Randi Kreiss

Just another day in the USA: 19 kids shot dead

Posted

Relatives of the Uvalde, Texas, schoolchildren were taken to a “reunification” center after the gunman did his work. That struck me — the word reunification. Because it was a lie. So many parents would never be reunited with their precious sons and daughters, little fourth-graders, who were gunned down in their classroom last week, along with their teachers. The killer? Another angry young man who bought himself two AR platform rifles for his 18th birthday.
We Americans are choking on our rage, and so much of it is funneled into violence against children.
I feel ashamed. We call ourselves responsible citizens, and yet we abide the sacrifice of our children. We cry — and we keep re-electing to office the pro-gun candidates who are in bed with the NRA. We pledge allegiance to our flag knowing all the while that the killing of school kids in their classrooms is an all-American pastime. It doesn’t happen anywhere else in the world with the frequency that it happens in our homeland.
Golda Meir famously said that when Israel’s enemies loved their children more than they hated Israel, peace would be possible. The same could be said of Congress: When they love our children more than they hate standing up to the National Rifle Association, the slaughter will stop.
I recalled Golda’s lament after Columbine in 1999, and in 2012 after Sandy Hook, and in 2018 after the Marjory Stoneman Douglas High School shooting in Parkland, Florida. Between those dates, according to Wikipedia, there were 31 other school shootings in the United States. Some 70 percent of the shooters were 18 or younger.

We know we have a mental health crisis among our teenagers. We don’t have enough caregivers, and we don’t have a functioning system in place to get help to those in pain. The single greatest cause of death among American children is now shootings.
These words are hard to write, and I hoped to focus on something else this week, perhaps something lighter, but the events of the day eclipse the possibility of distraction.

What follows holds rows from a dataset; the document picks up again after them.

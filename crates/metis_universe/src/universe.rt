//! A universe: its types, its pairs in document order, and its ports.
ghost use Rattle.std.specs.Prelude.{◌≡◌, ◌≤◌, ◌<◌, ◌==◌, ◌+◌, ◌&&◌, [], length, fold, max, nat_lt, position, take, drop, IfOk, IsTrue, ◌↔◌, if◌then◌else◌};
ghost use Rattle.std.specs.List.{All, filter, list_any, position_or_len, slice_index_or};
ghost use Rattle.std.specs.List.Sorted.{IsStrictlyIncreasing, IsNonDecreasingBy};
ghost use Rattle.std.specs.Str.{bytes_eq};
ghost use Rattle.metis_universe.specs.Terms.{IsBySight, IsMade, IsOf, IsOfVersion, IsTable, RowsFit, demand_of, greatest_demand, has, initial_of, is_free, is_initial, kind_in, next_of, pair_count, pair_named, port_count, port_name_of, port_named, provided_of, providers_of, provides, required_of, requirers_of, state_name_of, state_named, state_place_of, states_of_type, type_count, type_name_of, type_named, type_of, type_provides, type_requires};

mod build;
mod residual;

use crate::check::first_fault;
use crate::faults::RowFault;
use crate::numbered::NumberedNames;
use crate::rows::TypeRow;
use crate::seen::SeenNames;
use crate::sights::ports_of;
use metis_ids::{Action, PairIx, PortIx, StateIx, TypeIx};
use std::alloc::Global;
use std::marker::Model;

/// A pair.
#[derive(Drop)]
struct PairRow {
    kind: TypeIx,
    state: String,
    provided: Vec<PortIx>,
    required: Vec<PortIx>,
    /// Of each required port, how many providers it needs besides one.
    further: Vec<u64>,
    next: Vec<PairIx>,
}

impl Model for PairRow {
    ghost use Rattle.std.specs.String.{string_bytes};
    ghost use Rattle.metis_universe.specs.Universe.{Pair};

    ghost Value = { Pair };

    ghost view = { λ a. record { kind = a.kind; state = string_bytes a.state; provided = a.provided.items; required = a.required.items; further = a.further.items; next = a.next.items } };
}

/// The pairs that provide a port, or those that require it, ascending.
#[derive(Drop)]
struct PortRow {
    pairs: Vec<PairIx>,
}

impl Model for PortRow {
    ghost use Rattle.std.specs.Prelude.{List, ℕ};

    ghost Value = { List ℕ };

    ghost view = { λ a. a.pairs.items };
}

/// Component types and their states.
#[derive(Drop)]
pub struct Universe {
    version: u32,
    kinds: NumberedNames,
    /// The initial pair of each type.
    initials: Vec<PairIx>,
    pairs: Vec<PairRow>,
    ports: NumberedNames,
    /// Who provides each port.
    providers: Vec<PortRow>,
    /// Who requires each port.
    requirers: Vec<PortRow>,
}

impl Model for Universe {
    ghost use Rattle.metis_universe.specs.Kinds.{kinds_of};
    ghost use Rattle.metis_universe.specs.Universe as tables;

    ghost Value = { tables.Universe };

    ghost view = { λ a. tables.universe_of a.version (kinds_of a.kinds a.initials.items) a.pairs.items a.ports };

    ghost invariant = { λ a. tables.IsIndexedTable (tables.universe_of a.version (kinds_of a.kinds a.initials.items) a.pairs.items a.ports) a.providers.items a.requirers.items };
}

impl Universe {
    /// The universe that the rows stand for. Types, pairs and ports are numbered from 0: types in the order of the rows,
    /// pairs by types in order and then states in order, ports by first sight (for each state what it provides, then
    /// what it requires). In version 1 each port is required of one provider, in version 2 of 1 to 16.
    /// The error is the first fault of the rows: type after type, and of all types together at last.
    pub fn new(alloc: Global, version: u32, rows: Vec<TypeRow>) -> Result<Universe, RowFault>
        requires version { IsOfVersion version rows.items }
        requires fits { RowsFit rows.items }
        ensures made { IsMade result version rows.items }
        ensures by_sight { IfOk result IsBySight }
    {
        let found = ports_of(alloc, &rows)?;
        let mut kinds = SeenNames::with_capacity(alloc, rows.len())?;
        if let Some(fault) = first_fault(alloc, &rows, &found.ports, &mut kinds)? {
            return Err(fault);
        }
        Ok(build::tables(alloc, version, rows, kinds, found)?)
    }

    /// What every universe keeps. A call does nothing when it runs: a proof that needs the fact makes it.
    pub fn keeps_invariant(&self)
        ensures { IsTable self.now }
    {
        // For the proof alone: to name a field is to open the invariant.
        let _tables = &self.kinds;
    }

    /// The version, 1 or 2. In version 1 each demand is 1.
    pub fn version(&self) -> u32
        ensures { result ≡ self.now.version }
    {
        // For the proof alone: to name a field is to open the invariant.
        let _tables = &self.pairs;
        self.version
    }

    /// The largest demand of any pair, and 1 where none requires a port.
    pub fn greatest_demand(&self) -> u32
        ensures { result ≡ greatest_demand self.now }
    {
        1 + most_further(&self.pairs) as u32
    }

    /// How many pairs there are.
    pub fn pairs(&self) -> u32
        ensures count { result ≡ pair_count self.now }
        ensures most { result ≤ 2000 }
    {
        self.pairs.len() as u32
    }

    /// How many types there are.
    pub fn types(&self) -> u32
        ensures { result ≡ type_count self.now }
    {
        self.kinds.count() as u32
    }

    /// The pair's type.
    pub fn type_of(&self, p: PairIx) -> TypeIx
        requires { p < pair_count self.now }
        ensures kind { result ≡ type_of self.now p }
        ensures within { result < type_count self.now }
    {
        let row = &self.pairs[p.0 as usize];
        row.kind
    }

    /// The place of the pair's state among the states of its type.
    pub fn state_of(&self, p: PairIx) -> StateIx
        requires { p < pair_count self.now }
        ensures { result ≡ state_place_of self.now p }
    {
        let start = start_of(&self.pairs, self.type_of(p));
        StateIx(p.0 - start as u32)
    }

    /// The first pair of the type. Its pairs stand together, so those of its states, as many as `states` says, begin here.
    pub fn first_of(&self, t: TypeIx) -> PairIx
        requires { t < type_count self.now }
        ensures { states_of_type self.now t ≡ take (length (states_of_type self.now t)) (drop result self.now.pairs) }
    {
        // For the proof alone: to name a field is to open the invariant.
        let _tables = &self.kinds;
        PairIx(start_of(&self.pairs, t) as u32)
    }

    /// How many states the type has, at most 64.
    pub fn states(&self, t: TypeIx) -> u32
        ensures { result ≡ length (states_of_type self.now t) }
    {
        // For the proof alone: to name a field is to open the invariant.
        let _tables = &self.kinds;
        block_of(&self.pairs, t).len() as u32
    }

    /// The type's initial pair.
    pub fn initial(&self, t: TypeIx) -> PairIx
        requires { t < type_count self.now }
        ensures pair { result ≡ initial_of self.now t }
        ensures within { result < pair_count self.now }
    {
        // For the proof alone: to name a field is to open the invariant.
        let _tables = &self.pairs;
        initial_among(&self.initials, t)
    }

    /// Whether the pair is a type's initial pair.
    pub fn is_initial(&self, p: PairIx) -> bool
        requires { p < pair_count self.now }
        ensures { result ≡ is_initial self.now p }
    {
        // For the proof alone: to name a field is to open the invariant.
        let _tables = &self.kinds;
        self.initial(self.type_of(p)) == p
    }

    /// Whether the pair is its type's initial pair and requires nothing.
    pub fn is_free(&self, p: PairIx) -> bool
        requires { p < pair_count self.now }
        ensures { result ≡ is_free self.now p }
    {
        self.is_initial(p) && self.requires_(p).is_empty()
    }

    /// The pairs that the pair may go to, ascending.
    pub fn next(&self, p: PairIx) -> &[PairIx]
        requires { p < pair_count self.now }
        ensures pairs { result.now ≡ next_of self.now p }
        ensures within { All (λ q. q < pair_count self.now) result.now }
    {
        let row = &self.pairs[p.0 as usize];
        row.next.as_slice()
    }

    /// How many ports there are, at most 4,000.
    pub fn ports(&self) -> u32
        ensures { result ≡ port_count self.now }
    {
        self.ports.count() as u32
    }

    /// The ports that the pair provides, ascending.
    pub fn provided(&self, p: PairIx) -> &[PortIx]
        requires { p < pair_count self.now }
        ensures ports { result.now ≡ provided_of self.now p }
        ensures ascending { IsStrictlyIncreasing result.now }
        ensures within { All (λ r. r < port_count self.now) result.now }
    {
        let row = &self.pairs[p.0 as usize];
        row.provided.as_slice()
    }

    /// The ports that the pair requires, ascending.
    pub fn requires_(&self, p: PairIx) -> &[PortIx]
        requires { p < pair_count self.now }
        ensures ports { result.now ≡ required_of self.now p }
        ensures ascending { IsStrictlyIncreasing result.now }
        ensures within { All (λ r. r < port_count self.now) result.now }
    {
        let row = &self.pairs[p.0 as usize];
        row.required.as_slice()
    }

    /// How many different providers of the port the pair needs, at most 16: 0 where it does not require the port.
    pub fn demand(&self, p: PairIx, r: PortIx) -> u32
        requires { p < pair_count self.now }
        ensures { result ≡ demand_of self.now p r }
    {
        let row = &self.pairs[p.0 as usize];
        demand_among(&row.required, &row.further, r)
    }

    /// How many different providers the pair needs of the port at this place of those that it requires, at most 16.
    pub fn demand_at(&self, p: PairIx, place: usize) -> u32
        requires pair { p < pair_count self.now }
        requires place { place < length (required_of self.now p) }
        ensures { result ≡ demand_of self.now p (slice_index_or (required_of self.now p) place 0) }
    {
        let row = &self.pairs[p.0 as usize];
        1 + row.further[place] as u32
    }

    /// Whether the pair provides the port.
    pub fn provides(&self, p: PairIx, r: PortIx) -> bool
        requires { p < pair_count self.now }
        ensures { result ≡ provides self.now p r }
    {
        place_among(self.provided(p), r).is_some()
    }

    /// All pairs that provide the port, ascending.
    pub fn providers(&self, r: PortIx) -> &[PairIx]
        requires { r < port_count self.now }
        ensures { result.now ≡ providers_of self.now r }
    {
        let row = &self.providers[r.0 as usize];
        row.pairs.as_slice()
    }

    /// All pairs that require the port, ascending.
    pub fn requirers(&self, r: PortIx) -> &[PairIx]
        requires { r < port_count self.now }
        ensures { result.now ≡ requirers_of self.now r }
    {
        let row = &self.requirers[r.0 as usize];
        row.pairs.as_slice()
    }

    /// Whether some pair of the type requires the port.
    pub fn type_requires(&self, t: TypeIx, r: PortIx) -> bool
        ensures { result ≡ type_requires self.now t r }
    {
        // For the proof alone: to name a field is to open the invariant.
        let _tables = &self.kinds;
        some_of_type(&self.pairs, pairs_at(&self.requirers, r), t)
    }

    /// Whether some pair of the type provides the port.
    pub fn type_provides(&self, t: TypeIx, r: PortIx) -> bool
        ensures { result ≡ type_provides self.now t r }
    {
        // For the proof alone: to name a field is to open the invariant.
        let _tables = &self.kinds;
        some_of_type(&self.pairs, pairs_at(&self.providers, r), t)
    }

    /// Whether the action's type, pairs and port are the universe's.
    pub fn has_numbers(&self, a: &Action) -> bool
        ensures { IsTrue result ↔ IsOf self.now a.now }
    {
        match *a {
            Action::New { kind, .. } => kind.0 < self.types(),
            Action::Delete { .. } => true,
            Action::Bind { port, .. } => port.0 < self.ports(),
            Action::Unbind { port, .. } => port.0 < self.ports(),
            Action::Move { from, to, .. } => from.0 < self.pairs() && to.0 < self.pairs(),
        }
    }

    /// The type of this name.
    pub fn type_named(&self, name: &str) -> Option<TypeIx>
        ensures { result ≡ type_named self.now name.now }
    {
        let index = self.kinds.number_of(name)?;
        Some(TypeIx(index as u32))
    }

    /// The pair of the type and its state of this name.
    pub fn state_named(&self, t: TypeIx, name: &str) -> Option<PairIx>
        ensures { result ≡ state_named self.now t name.now }
    {
        let place = place_named(block_of(&self.pairs, t), name)?;
        Some(PairIx((start_of(&self.pairs, t) + place) as u32))
    }

    /// The pair of the type and the state of these names.
    pub fn pair_named(&self, kind: &str, state: &str) -> Option<PairIx>
        ensures { result ≡ pair_named self.now kind.now state.now }
    {
        self.state_named(self.type_named(kind)?, state)
    }

    /// The port of this name.
    pub fn port_named(&self, name: &str) -> Option<PortIx>
        ensures { result ≡ port_named self.now name.now }
    {
        let index = self.ports.number_of(name)?;
        Some(PortIx(index as u32))
    }

    /// The name of the type.
    pub fn type_name(&self, t: TypeIx) -> &str
        requires { t < type_count self.now }
        ensures { result.now ≡ type_name_of self.now t }
    {
        self.kinds.name(t.0 as usize)
    }

    /// The name of the pair's state.
    pub fn state_name(&self, p: PairIx) -> &str
        requires { p < pair_count self.now }
        ensures { result.now ≡ state_name_of self.now p }
    {
        let row = &self.pairs[p.0 as usize];
        row.state.as_str()
    }

    /// The name of the port.
    pub fn port_name(&self, r: PortIx) -> &str
        requires { r < port_count self.now }
        ensures { result.now ≡ port_name_of self.now r }
    {
        self.ports.name(r.0 as usize)
    }
}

In this moment of loss and horror, we need to keep beating the drum for gun regulations. We need to beat the drum even as we are exhausted by the noise, even as we feel the intransigent power of the NRA pushing back.
In Uvalde, as in Parkland, as in Columbine, the usual post-massacre teams gathered at the scene: police, media by the truckload and a group that travels from killing spree to killing spree with counselors and money for funerals and warnings about post-murder scams.
The fact that we have such a team in America is both a further indictment of our society and, obviously, a necessity.
We all know the lingo of “lockdown” and “active shooter” and PTSD caused by shootings. Really, it is an abomination that we have become so proficient at handling the tragedies rather than preventing them.
Remember Sandy Hook? Dylan’s mom and Daniel’s dad write to me often. In truth, I dread reading their e-mails; their words darken the day. But how wrenching it must be to write the words. These parents are leaders of the Sandy Hook Promise Foundation, the group that works toward stricter gun control laws. They are victims of the tragedy, both having lost first-graders in the mass shooting at Sandy Hook Elementary School in Newtown, Connecticut, in 2012. Their work is pure and heroic — trying to find a slender thread of hope in the heap of terrible grief that has consumed their lives.
Now David Hogg, a survivor of the Parkland massacre, writes to me, seeking support for an anti-gun group called Never Again MSD, which is marching yet again this week in memory of Uvalde and to urge stricter gun laws. 
They write to me, and millions of others, to garner support for laws that would prevent another mass shooting, or at least reduce the odds. But there has been so little progress.
Instead of sensible gun-control laws drafted by a responsible Congress, we have unctuous sentiments without any commitment to change our gun laws for the better.
Our only power is our vote. We need elected officials who promise to take on gun violence with substantive legislation.
Do members of Congress love their children? You bet they do. Do they love their jobs so much that they will not stand up to the NRA? You bet they do. When they love their children, and America’s children, more than they love NRA money, we may see meaningful legislation on guns.
Twenty-seven school shootings so far this year, according to NPR. And counting.